I have a similar issue. When I upgraded to 10.2-RELEASE, Xorg would crash upon starting and I would be stuck on a blank screen with no working input devices. Keyboard and mouse froze, so I had to do a hard reboot. It only happens when I try to `startx`; otherwise I am able to use the console environment without issue. I switched to 9.3-RELEASE and it works fine. I couldn't get much useful info from Xorg.0.log other than "drmDropMaster failed: Unknown error: -22" and "Server terminated successfully (0). Closing log file", and that was at the exact moment it froze. Unfortunately I didn't have much luck Googling these messages.

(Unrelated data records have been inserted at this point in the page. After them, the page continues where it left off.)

ghost use Rattle.std.specs.Prelude.{◌≡◌, ◌<◌, ◌≤◌, ◌++◌, length, IfOk, Some};

use desk_edge::{Failed, Link, MemoryLink, ReadFault, StdLink, read_up_to, write_all};
use desk_testing::{check, expect_eq, shows};
use desk_text::Bytes;
use std::alloc::Global;
use std::io;
use std::io::{Read, Write};
use std::test::Fail;

fn link(
    alloc: Global,
    input: &[u8],
    piece: usize,
    room: usize,
    failing: &[u64],
) -> Result<MemoryLink, Fail>
    requires { 1 ≤ piece }
{
    let input = Bytes::from(input.to_vec(alloc)?);
    Ok(MemoryLink::new(alloc, input, piece, room, failing.to_vec(alloc)?)?)
}

/// The bytes that are written, or none where one byte is read, and the link's answer.
type Call = (Option<&'static [u8]>, Result<usize, Failed>);

/// Writes the bytes, or reads one byte where there are none.
fn call<L: Link>(link: &mut L, piece: Option<&[u8]>) -> Result<usize, Failed> {
    match piece {
        Some(piece) => link.write(piece),
        None => link.read(&mut [0; 1]),
    }
}

/// The place of the first of the calls, made one after the other, that is answered otherwise.
fn first_wrong_call<L: Link>(link: &mut L, calls: &[Call]) -> Option<usize> {
    for (place, (piece, answer)) in calls.iter().enumerate() {
        if call(link, *piece) != *answer {
            return Some(place);
        }
    }
    None
}

/// The calls of a link that gives bytes one by one, has room for two, and fails on the second and the fourth call.
const CALLS: [Call; 7] = [
    (None, Ok(1)),
    (None, Err(Failed)),
    (Some(b"x"), Ok(1)),
    (Some(b"y"), Err(Failed)),
    (Some(b"yz"), Ok(1)),
    (Some(b"z"), Err(Failed)),
    (None, Ok(1)),
];

/// Fails unless the calls are answered so, and two bytes are written.
fn fails_on_two_calls(link: &mut MemoryLink) -> Result<(), Fail> {
    expect_eq(&first_wrong_call(link, &CALLS), &None)?;
    expect_eq(&link.written(), &b"xy".as_slice())
}

#[test]
fn a_link_in_memory_fails_on_its_numbered_calls_and_on_no_other(
    rt: HostRuntime,
) -> Result<(), Fail> {
    let mut link = link(rt.alloc(), b"abc", 1, 2, &[2, 4])?;
    fails_on_two_calls(&mut link)
}

/// A text, the limit, and what is read of it.
type Limited = (&'static str, u16, &'static str);

const LIMITED: [Limited; 6] = [
    ("", 0, ""),
    ("a", 0, "a"),
    ("ab", 0, "a"),
    ("abc", 3, "abc"),
    ("abcd", 3, "abcd"),
    ("abcde", 3, "abcd"),
];

/// Fails unless this is read of a link that gives the text in pieces of this size.
fn reads_by<L: Link>(link: &mut L, alloc: Global, row: &Limited, piece: usize) -> Result<(), Fail> {
    let (text, limit, read) = *row;
    let bytes = read_up_to(alloc, link, usize::from(limit))
        .ok()
        .ok_or("a fault")?;
    expect_eq(
        &(text, limit, piece, bytes.as_slice()),
        &(text, limit, piece, read.as_bytes()),
    )
}

/// Fails unless each of the texts is read up to its limit in pieces of this size.
fn stops_by(alloc: Global, piece: usize) -> Result<(), Fail>
    requires { 1 ≤ piece }
{
    for row in &LIMITED {
        let mut link = link(alloc, row.0.as_bytes(), piece, 0, &[])?;
        reads_by(&mut link, alloc, row, piece)?;
    }
    Ok(())
}

#[test]
fn reading_stops_with_the_byte_after_the_limit(rt: HostRuntime) -> Result<(), Fail> {
    stops_by(rt.alloc(), 1)?;
    stops_by(rt.alloc(), 3)?;
    stops_by(rt.alloc(), 100)
}

/// Fails unless the third read of a link, which is refused, ends the reading.
fn ends_reading(alloc: Global) -> Result<(), Fail> {
    let mut link = link(alloc, b"abc", 1, 0, &[3])?;
    let fault = read_up_to(alloc, &mut link, 8).err();
    expect_eq(&fault, &Some(ReadFault::Failed))
}

/// Fails unless writing three bytes ends so, and fills the room.
fn ends_writing(alloc: Global, room: usize, written: Result<(), Failed>) -> Result<(), Fail> {
    let mut link = link(alloc, b"", 1, room, &[])?;
    let found = write_all(&mut link, b"abc");
    expect_eq(&(found, link.written().len()), &(written, room))
}

#[test]
fn a_fault_ends_reading_and_writing(rt: HostRuntime) -> Result<(), Fail> {
    ends_reading(rt.alloc())?;
    ends_writing(rt.alloc(), 2, Err(Failed))?;
    ends_writing(rt.alloc(), 3, Ok(()))
}

// Refuses its first call, and takes or gives a byte at each further one.
#[derive(Drop)]
struct Flaky {
    refused: bool,
    byte: u8,
}

impl Read for Flaky {
    fn read(&mut self, buf: &mut [u8]) -> io::Result<usize> {
        if !self.refused {
            self.refused = true;
            return Err(io::Error::from(io::ErrorKind::Other));
        }
        match buf.first_mut() {
            Some(first) => {
                *first = self.byte;
                Ok(1)
            }
            None => Ok(0),
        }
    }
}

impl Write for Flaky {
    fn write(&mut self, buf: &[u8]) -> io::Result<usize> {
        match buf.first() {
            Some(first) if self.refused => {
                self.byte = *first;
                Ok(1)
            }
            _ => {
                self.refused = true;
                Ok(0)
            }
        }
    }

    fn flush(&mut self) -> io::Result<()> {
        Ok(())
    }
}

fn new_flaky() -> Flaky {
    Flaky {
        refused: false,
        byte: b'q',
    }
}

/// Fails unless the first read is refused, and the second one gives a byte.
fn hands_on_reads<L: Link>(link: &mut L) -> Result<(), Fail> {
    let mut buffer = [0; 2];
    expect_eq(&link.read(&mut buffer), &Err(Failed))?;
    expect_eq(&link.read(&mut buffer), &Ok(1))?;
    expect_eq(&buffer.as_slice(), &b"q\0".as_slice())
}

#[test]
fn a_link_over_std_hands_on_what_its_reader_and_writer_do(rt: HostRuntime) -> Result<(), Fail> {
    let mut link = StdLink::new(new_flaky(), new_flaky());
    hands_on_reads(&mut link)?;
    let calls = [
        (Some(b"ab".as_slice()), Err(Failed)),
        (Some(b"ab"), Ok(1)),
        (Some(b""), Ok(0)),
    ];
    expect_eq(&first_wrong_call(&mut link, &calls), &None)
}

/// A link over a slice tells the slice as unread, so this contract holds.
fn read_slice(alloc: Global, text: &[u8]) -> Result<Bytes, ReadFault>
    requires { length text.now < usize.MAX }
    ensures { IfOk result (λ bytes. bytes ≡ text.now) }
{
    let mut link = StdLink::new(text, io::sink());
    read_up_to(alloc, &mut link, text.len())
}

/// A link over a vector tells the vector as written, so this contract holds.
fn write_vector(output: Vec<u8>, text: &[u8]) -> Result<StdLink<io::Empty, Vec<u8>>, Failed>
    ensures { IfOk result (λ link.
        ⟦<StdLink<io::Empty, Vec<u8>> as Link>⟧.written link ≡ Some (output.items ++ text.now)) }
{
    let mut link = StdLink::new(io::empty(), output);
    write_all(&mut link, text)?;
    Ok(link)
}

/// Fails unless a slice is read as it is.
fn reads_a_slice(alloc: Global) -> Result<(), Fail> {
    let text = read_slice(alloc, b"text").ok().ok_or("a fault")?;
    expect_eq(&text.as_slice(), &b"text".as_slice())
}

#[test]
fn a_link_over_std_tells_what_its_reader_and_writer_tell(rt: HostRuntime) -> Result<(), Fail> {
    reads_a_slice(rt.alloc())?;
    let output = b"an ".as_slice().to_vec(rt.alloc())?;
    check(
        write_vector(output, b"answer").is_ok(),
        "a vector refuses a write",
    )
}

#[test]
fn a_failed_call_is_told(rt: HostRuntime) -> Result<(), Fail> {
    shows(rt.alloc(), &Failed, "the call failed")
}
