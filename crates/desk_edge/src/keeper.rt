ghost use Rattle.std.specs.Prelude.{◌≡◌, ◌≢◌, ℕ, true, Err, IfOk, IfSome, OnOk, OnErr, IsErrOf, option_copied};
ghost use Rattle.desk_edge.specs.Content.{Content, IsChanged, IsFirstPast, IsSame, is_past, key_of};
ghost use Rattle.desk_edge.specs.Faults.{CountsFaults};

use crate::change::Change;
use crate::keep_fault::KeepFault;
use crate::key::Key;
use crate::record::Record;
use std::alloc::Global;

/// A store that keeps a body under each of finitely many keys.
///
/// A keeper counts its faults, and may tell what it keeps: in memory it does, a database does while nothing went wrong with it. A
/// database can promise no more than this: what is told after a call was told before it, and then the call did what it says. So the
/// clauses on content go from the state after a call back to the one before it.
pub trait Keeper {
    // That no call of any keeper of this type ever fails: what is known of one behind a lock is known by its type alone.
    ghost NeverFails: { Type 0 };

    // How many faults were counted so far. The count never falls.
    ghost faults: { Self → ℕ };

    // That the keeper tells what it keeps.
    ghost Tells: { Self → Type 0 };

    // What it keeps, where it tells that.
    ghost content: { Self → Content };

    /// The first record past the key, or the first of all where no key is given. Keys are ordered by kind, and then by the bytes of
    /// the code.
    ///
    /// A record that is given has a key past the one that was given also where the keeper doesn't tell what it keeps: so a reader
    /// that asks on from each record comes to an end. `Failed` comes exactly where a fault was counted in this call.
    fn next_record(
        &mut self,
        alloc: Global,
        after: Option<&Key>,
    ) -> Result<Option<Record>, KeepFault>
        ensures told { Tells self.new → Tells self.old }
        ensures stays { Tells self.new → IsSame (content self.old) (content self.new) }
        ensures gives { IfOk result (λ found. Tells self.new → IsFirstPast (content self.new) (option_copied after.entry) found) }
        ensures later { IfOk result (λ found. IfSome found (λ kept. is_past (option_copied after.entry) (key_of kept) ≡ true)) }
        ensures faults { CountsFaults (IsErrOf result KeepFault.Failed) (faults self.old) (faults self.new) }
        ensures sure { NeverFails → result ≢ Err KeepFault.Failed };

    /// Makes all the changes, one after the other, or none of them.
    ///
    /// `Failed` comes exactly where a fault was counted in this call. After it and after `OutOfMemory` nothing is changed.
    fn commit(&mut self, alloc: Global, batch: &[Change]) -> Result<(), KeepFault>
        ensures told { Tells self.new → Tells self.old }
        ensures ok { OnOk result (Tells self.new → IsChanged batch.now (content self.old) (content self.new)) }
        ensures err { OnErr result (Tells self.new → IsSame (content self.old) (content self.new)) }
        ensures faults { CountsFaults (IsErrOf result KeepFault.Failed) (faults self.old) (faults self.new) }
        ensures sure { NeverFails → result ≢ Err KeepFault.Failed };
}
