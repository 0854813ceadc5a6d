//! What holds of counts of faults. The function does nothing: it is called for its clauses alone.

ghost use Rattle.std.specs.Prelude.{◌↔◌, ℕ, ◌<◌, ◌≤◌};
ghost use Rattle.desk_edge.specs.Faults.{Rose, last_count};

/// Below its last value a count tells a fault exactly by rising. At its last value it stands, and each
/// call may have failed.
pub fn a_count_rises_up_to_its_last_value()
    ensures below { (old new : ℕ) → old < last_count → (Rose old new ↔ (old < new)) }
    ensures at_last { (new : ℕ) → last_count ≤ new → Rose last_count new }
{}
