ghost use Rattle.std.specs.Prelude.{◌≡◌, ◌≢◌, ℕ, ◌<◌, List, IfOk, IsErrOf};
ghost use Rattle.desk_edge.specs.Content.{Content, IsSame};
ghost use Rattle.desk_edge.specs.Faults.{CountsFaults};

use crate::keep_fault::KeepFault;
use crate::keeper::Keeper;
use std::alloc::Global;
use std::marker::Send;

/// The place where stores are kept by name. A store that is open is lent until it is closed. A shelf needn't tell what the store of a
/// name keeps while it is lent.
///
/// As for a keeper, the clauses on what is kept go from the state after a call back to the one before it.
pub trait Shelf {
    /// A store of this shelf, while it is open.
    type Store: Keeper + Send;

    // How many faults were counted so far. The count never falls.
    ghost faults: { Self → ℕ };

    // That the store of this name is open, and hasn't been closed.
    ghost IsLent: { Self → List ℕ → Type 0 };

    // That the shelf tells what the store of this name keeps.
    ghost Tells: { Self → List ℕ → Type 0 };

    // What the store of each name keeps, where the shelf tells that. A store that was never opened keeps nothing.
    ghost content: { Self → List ℕ → Content };

    // How many faults the store of this name had counted as it was given back last.
    ghost count: { Self → List ℕ → ℕ };

    /// Opens the store of this name; one that wasn't there is made, and is empty. Its count of faults begins at 0. Stores that are lent
    /// stay so.
    ///
    /// `Failed` comes exactly where a fault was counted in this call.
    fn open_store(&mut self, alloc: Global, name: &[u8]) -> Result<Self::Store, KeepFault>
        ensures fresh { IfOk result (λ store. Self.Store.Keeper.faults store ≡ 0) }
        ensures lent { IfOk result (λ store. IsLent self.new name.now) }
        ensures lends { (other : List ℕ) → IsLent self.old other → IsLent self.new other }
        ensures told { IfOk result (λ store. Self.Store.Keeper.Tells store
            → Tells self.old name.now × IsSame (content self.old name.now) (Self.Store.Keeper.content store)) }
        ensures others { (other : List ℕ) → Tells self.new other → Tells self.old other × IsSame (content self.old other) (content self.new other) }
        ensures faults { CountsFaults (IsErrOf result KeepFault.Failed) (faults self.old) (faults self.new) };

    /// Takes an open store back, which is lent no more; those of other names stay lent. It takes no memory and is never refused. The
    /// shelf's count rises exactly where the store has counted a fault.
    fn close_store(&mut self, name: &[u8], store: Self::Store)
        requires { IsLent self.old name.now }
        ensures back { IsLent self.new name.now → ⊥ }
        ensures lends { (other : List ℕ) → other ≢ name.now → IsLent self.old other → IsLent self.new other }
        ensures count { count self.new name.now ≡ Self.Store.Keeper.faults store }
        ensures kept { Tells self.new name.now → Self.Store.Keeper.Tells store × IsSame (Self.Store.Keeper.content store) (content self.new name.now) }
        ensures others { (other : List ℕ) → other ≢ name.now → Tells self.new other → Tells self.old other × IsSame (content self.old other) (content self.new other) }
        ensures faults { CountsFaults (0 < Self.Store.Keeper.faults store) (faults self.old) (faults self.new) };
}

Are you able to see the Xorg.0.log on your system?


----------



## SirDice (Aug 25, 2015)

Did you read the release notes?



> The psm(4) driver has been updated to include improved support for newer Synaptics ® touchpads and the ClickPad ® mouse on newer Lenovo ™ laptops. [r281708]


----------



## fnoyanisi (Aug 25, 2015)

SirDice said:


> Did you read the release notes?


Aye, I definitely did. But, to be honest, I did not expect "improved support for newer Synaptics touchpads" would cause my working synaptics to stop functioning.

I am still trying to get some functionality back, but seems like 90% is OK, only missing thing is vertical scrolling.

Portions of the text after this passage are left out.